* [TO DO] Scan the records for "figure". Show the matching lines.
----------
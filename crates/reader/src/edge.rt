// An edge stored at its place in the table, from its record.
ghost use Rattle.std.specs.Prelude.{◌≡◌, ◌≤◌, length};
ghost use Rattle.model.specs.Basics.{zeros};
ghost use Rattle.model.specs.Files.{edge_from};
ghost use Rattle.model.specs.Layout.{text_count, edge_numbers, edge_width};
ghost use Rattle.model.specs.Rules.{plain_edge};
ghost use Rattle.reader.specs.Records.{kind_number};
ghost use Rattle.reader.specs.State.{edge_spelt};

use crate::bytes::copy_numbers;
use crate::record::{Kind, Record};
use model::{
    ATOM_WIDTH, EDGE_COUNT, EDGE_FIELDS, EDGE_KIND, EDGE_SOURCE, FIELDS_BODY, NUMBER_BYTES,
};

// The count of an edge whose text has `length` numbers: of atoms for a plain one, of these numbers for one with groups.
pub(crate) fn text_count(kind: Kind, length: usize) -> usize
    ensures { result ≡ text_count (kind_number kind) length }
{
    if kind == Kind::Plain {
        return length / ATOM_WIDTH;
    }
    length
}

// Writes an edge over 86 zeros: its kind, its four fields, its count, its text.
pub(crate) fn store_edge(record: Record<'_>, edge: &mut [u16])
    requires is_edge { plain_edge ≤ kind_number «record».kind }
    requires wide { length edge.old ≡ edge_width }
    ensures { edge.old ≡ zeros edge_width
        → edge.new ≡ edge_numbers (edge_spelt «record».entry) }
{
    let text = &record.body[FIELDS_BODY..];
    let length = text.len() / NUMBER_BYTES;
    edge[EDGE_KIND] = record.kind.number();
    copy_numbers(record.body, &mut edge[EDGE_SOURCE..EDGE_COUNT]);
    edge[EDGE_COUNT] = text_count(record.kind, length) as u16;
    copy_numbers(text, &mut edge[EDGE_FIELDS..EDGE_FIELDS + length]);
}
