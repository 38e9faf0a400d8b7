// A record of a file: its kind, and a body of a length that the kind has.
ghost use Rattle.std.specs.Prelude.{◌≡◌, ◌&&◌, ◌+◌, ◌-◌, ◌*◌, ◌%◌, ◌<◌, true, eqb, length, MatchResult};
ghost use Rattle.model.specs.Basics.{within};
ghost use Rattle.model.specs.Files.{fields_body, body_ok, number_at, number_bytes};
ghost use Rattle.reader.specs.Records.{kind_number, KindRead, SplitOff, Refuses};

use crate::bytes::number_at;
use model::{
    ATOM_BODY, FIELDS_BODY, Fault, MOST_GROUPED_BODY, MOST_PLAIN_BODY, NUMBER_BYTES, RECORD_HEAD,
    SIZES_BODY,
};

// The kinds of records by their numbers in a file, which has them in this order.
#[derive(Clone, Copy, PartialEq, Eq, PartialOrd, Ord)]
pub(crate) enum Kind {
    Sizes = 1,
    Initial = 2,
    Final = 3,
    Ceiling = 4,
    Plain = 5,
    Grouped = 6,
}

impl TryFrom<u16> for Kind {
    type Error = Fault;

    ghost try_from_gives = { KindRead };

    fn try_from(number: u16) -> Result<Kind, Fault> {
        match number {
            1 => Ok(Kind::Sizes),
            2 => Ok(Kind::Initial),
            3 => Ok(Kind::Final),
            4 => Ok(Kind::Ceiling),
            5 => Ok(Kind::Plain),
            6 => Ok(Kind::Grouped),
            _ => Err(Fault::BadBody),
        }
    }
}

impl Kind {
    pub(crate) fn number(self) -> u16
        ensures { result ≡ kind_number self }
    {
        self as u16
    }

    // Has the kind bodies of so many bytes? An edge has its fields, then whole atoms or, with groups, whole numbers.
    #[tactic(auto, using(crate::proofs::Lengths::grouped_is))]
    pub(crate) fn allows(self, size: usize) -> bool
        ensures { result ≡ body_ok (kind_number self) size }
    {
        match self {
            Kind::Sizes => size == SIZES_BODY,
            Kind::Initial | Kind::Final | Kind::Ceiling => size == NUMBER_BYTES,
            Kind::Plain => edge_body(size, MOST_PLAIN_BODY, ATOM_BODY),
            Kind::Grouped => edge_body(size, MOST_GROUPED_BODY, NUMBER_BYTES),
        }
    }
}

// A body of an edge: its four fields, then whole parts of `width` bytes, `most` bytes in all.
pub(crate) fn edge_body(size: usize, most: usize, width: usize) -> bool
    requires { 0 < width }
    ensures { result ≡ (within fields_body most size && eqb ((size - fields_body) % width) 0) }
{
    FIELDS_BODY <= size && size <= most && (size - FIELDS_BODY) % width == 0
}

#[derive(Clone, Copy)]
pub(crate) struct Record<'a> {
    pub(crate) kind: Kind,
    pub(crate) body: &'a [u8],
    ghost fits: { body_ok (kind_number kind) (length body.now) ≡ true },
}

impl<'a> Record<'a> {
    // The record at the front of the bytes left, and the bytes after it: 1 where they end before it does, 2 where there
    // is no such kind or it has no body of that length.
    pub(crate) fn split_off(bytes: &'a [u8]) -> Result<(Record<'a>, &'a [u8]), Fault>
        ensures { MatchResult result (λ p. SplitOff bytes.now p.0.kind p.0.body.now p.1.now)
            (λ f. Refuses bytes.now f) }
    {
        let Some((head, rest)) = bytes.split_first_chunk::<RECORD_HEAD>() else {
            return Err(Fault::CutShort);
        };
        let size = usize::from(number_at(head, 0));
        let Some((body, after)) = rest.split_at_checked(size) else {
            return Err(Fault::CutShort);
        };
        let kind = Kind::try_from(number_at(head, 1))?;
        if !kind.allows(size) {
            return Err(Fault::BadBody);
        }
        Ok((Record { kind, body }, after))
    }
}

impl Record<'_> {
    // Number `i` of the body.
    pub(crate) fn number(self, i: usize) -> u16
        requires { number_bytes * i + 1 < length self.body.now }
        ensures { result ≡ number_at i self.entry.body.now }
    {
        number_at(self.body, i)
    }
}
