// Numbers of a file: two bytes each, low byte first.
ghost use Rattle.std.specs.Prelude.{◌≡◌, ◌+◌, ◌*◌, ◌≤◌, ◌<◌, length};
ghost use Rattle.model.specs.Files.{number_at, number_bytes, numbers_of};

use model::NUMBER_BYTES;

// Number `i` of a list of bytes.
pub(crate) fn number_at(bytes: &[u8], i: usize) -> u16
    requires { number_bytes * i + 1 < length bytes.now }
    ensures { result ≡ number_at i bytes.now }
{
    let low = NUMBER_BYTES * i;
    u16::from_le_bytes([bytes[low], bytes[low + 1]])
}

// Fills a part of the table with the numbers of a list of bytes.
// By place: of what a `zip` over `iter_mut` writes a proof knows nothing.
pub(crate) fn copy_numbers(bytes: &[u8], out: &mut [u16])
    requires { number_bytes * length out.old ≤ length bytes.now }
    ensures { out.new ≡ numbers_of (length out.old) bytes.now }
{
    for (i, place) in out.iter_mut().enumerate() {
        *place = number_at(bytes, i);
    }
}
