//! Runs a tally sheet: standard input to standard output.
#![tactic(auto)]

use anyhow::bail;
use reading::MOST_BYTES;
use std::env;
use std::io::Read;
use std::rt::Env;
use tally::write_up;

const HELP: &str = "Runs a tally sheet and writes a line for each of its lines.

  sheet < SHEET

A sheet is text, one form to a line, as in examples/tally.sheet:

  (kind 1)           numbers are remainders by 31 (2: by 2147483647, 3: bytes)
  (set 3 2)          three seats, of which two rebuild a figure
  (enter 0 1 4 (5))  into line 0, house 1's figure 4, along the strip 5

Forms: kind, set, enter, sum, scale, begin, deal, gather, open, show.
A line that says `no` gives layer, line, column and cause; docs/RULES.md
explains each cause.";

// Asked for, the help goes to standard output. After a wrong call it goes to standard error.
fn help(rt: &(impl Print + Eprint), word: &str) -> anyhow::Result<()> {
    if word == "--help" {
        rt.println(HELP)?;
        return Ok(());
    }
    rt.eprintln(HELP)?;
    bail!("a sheet is read from standard input, and no argument is taken")
}

fn run(rt: &(impl Print + Eprint + Input + Env + AllocGlobal)) -> anyhow::Result<()> {
    if let Some(word) = env::args(rt)?.nth(1) {
        return help(rt, word.as_str());
    }
    let heap = rt.alloc();
    let mut sheet = Vec::new(heap);
    // one byte more than a sheet may have tells a sheet that is too long
    rt.reader()
        .take(MOST_BYTES as u64 + 1)
        .read_to_end(&mut sheet)?;
    rt.print(write_up(sheet.as_slice(), heap)?)?;
    Ok(())
}

fn main(rt: HostRuntime) -> anyhow::Result<()> {
    run(&rt)
}
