//! Callers of the turn lock: a log of numbers behind a turn, and threads that add to it.
//!
//! The callers are proved, and the tests run them. They stand in a crate of their own, since the
//! gate proves a crate with tests twice.
#![tactic(auto)]

mod callers;
mod numbers;
#[cfg(test)]
mod tests;
mod threads;

pub use callers::{add_all, add_one, fail_one, finish_one, open};
pub use numbers::Numbers;
pub use threads::{many_callers, two_callers};
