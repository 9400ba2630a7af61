//! Numbers that callers add, with a level, a closer, a first failure and failed turns.

ghost use Rattle.std.specs.Prelude.{[], ◌∷◌, ◌≡◌, ◌≤◌, Some, if◌then◌else◌, vec_len};
ghost use Rattle.std.specs.Option.{option_or};
ghost use Rattle.turn_lock.specs.Turns.{IsFresh};

use std::alloc::Global;
use turn_lock::Grows;

/// How many numbers there is room for.
pub const ROOM: usize = 4_294_967_295;

/// A log of numbers, each under the pass that added it.
#[derive(Drop)]
pub struct Numbers {
    pub log: Vec<(u32, u32)>,
    pub first: u32,
    /// How many turns failed.
    pub level: u64,
    /// The pass that first finished the numbers.
    pub closer: Option<u32>,
    pub failure: Option<(u32, u32)>,
    /// The pass of each turn that failed.
    pub failed: Vec<u32>,
    ghost within: { vec_len log ≤ 4294967295 },
}

impl Grows for Numbers {
    ghost use Rattle.turn_tests.specs.Numbers.{numbers};

    type Start = u32;

    type Entry = u32;

    type Part = u64;

    ghost meaning = { numbers };

    fn length(&self) -> u64 {
        self.log.len() as u64
    }
}

impl Numbers {
    ghost use Rattle.turn_tests.specs.Numbers.{Adds, numbers};

    /// No numbers, with a start.
    pub fn new(alloc: Global, first: u32) -> Numbers
        ensures fresh { IsFresh numbers result }
        ensures none { result.log.items ≡ [] }
    {
        Numbers {
            log: Vec::new(alloc),
            first,
            level: 0,
            closer: None,
            failure: None,
            failed: Vec::new(alloc),
        }
    }

    /// Adds a number in a turn of a pass. False if there is no room or no memory, and then nothing
    /// is added.
    pub fn add(&mut self, by: u32, number: u32) -> bool
        ensures adds { Adds by (if result then number ∷ [] else []) 0 self.old self.new }
    {
        if self.log.len() >= ROOM {
            return false;
        }
        self.log.push((by, number)).is_ok()
    }

    /// Lets a turn of a pass fail. False if there is no memory or the level is the highest, and then
    /// nothing fails.
    pub fn fail(&mut self, by: u32, failure: (u32, u32)) -> bool
        ensures adds { Adds by [] (if result then 1 else 0) self.old self.new }
        ensures failure { self.new.failure
            ≡ (if result then option_or self.old.failure (Some failure) else self.old.failure) }
    {
        let Some(level) = self.level.checked_add(1) else {
            return false;
        };
        if self.failed.push(by).is_err() {
            return false;
        }
        self.level = level;
        self.failure = self.failure.or(Some(failure));
        true
    }

    /// Finishes the numbers in a turn of a pass, unless another pass has done so.
    pub fn finish(&mut self, by: u32)
        ensures adds { Adds by [] 0 self.old self.new }
        ensures closer { self.new.closer ≡ option_or self.old.closer (Some by) }
    {
        self.closer = self.closer.or(Some(by));
    }
}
----------
* [FINAL ANSWER]
  (set 3 2)          three seats, of which two rebuild a figure
  (enter 0 1 4 (5))  into line 0, house 1's figure 4, along the strip 5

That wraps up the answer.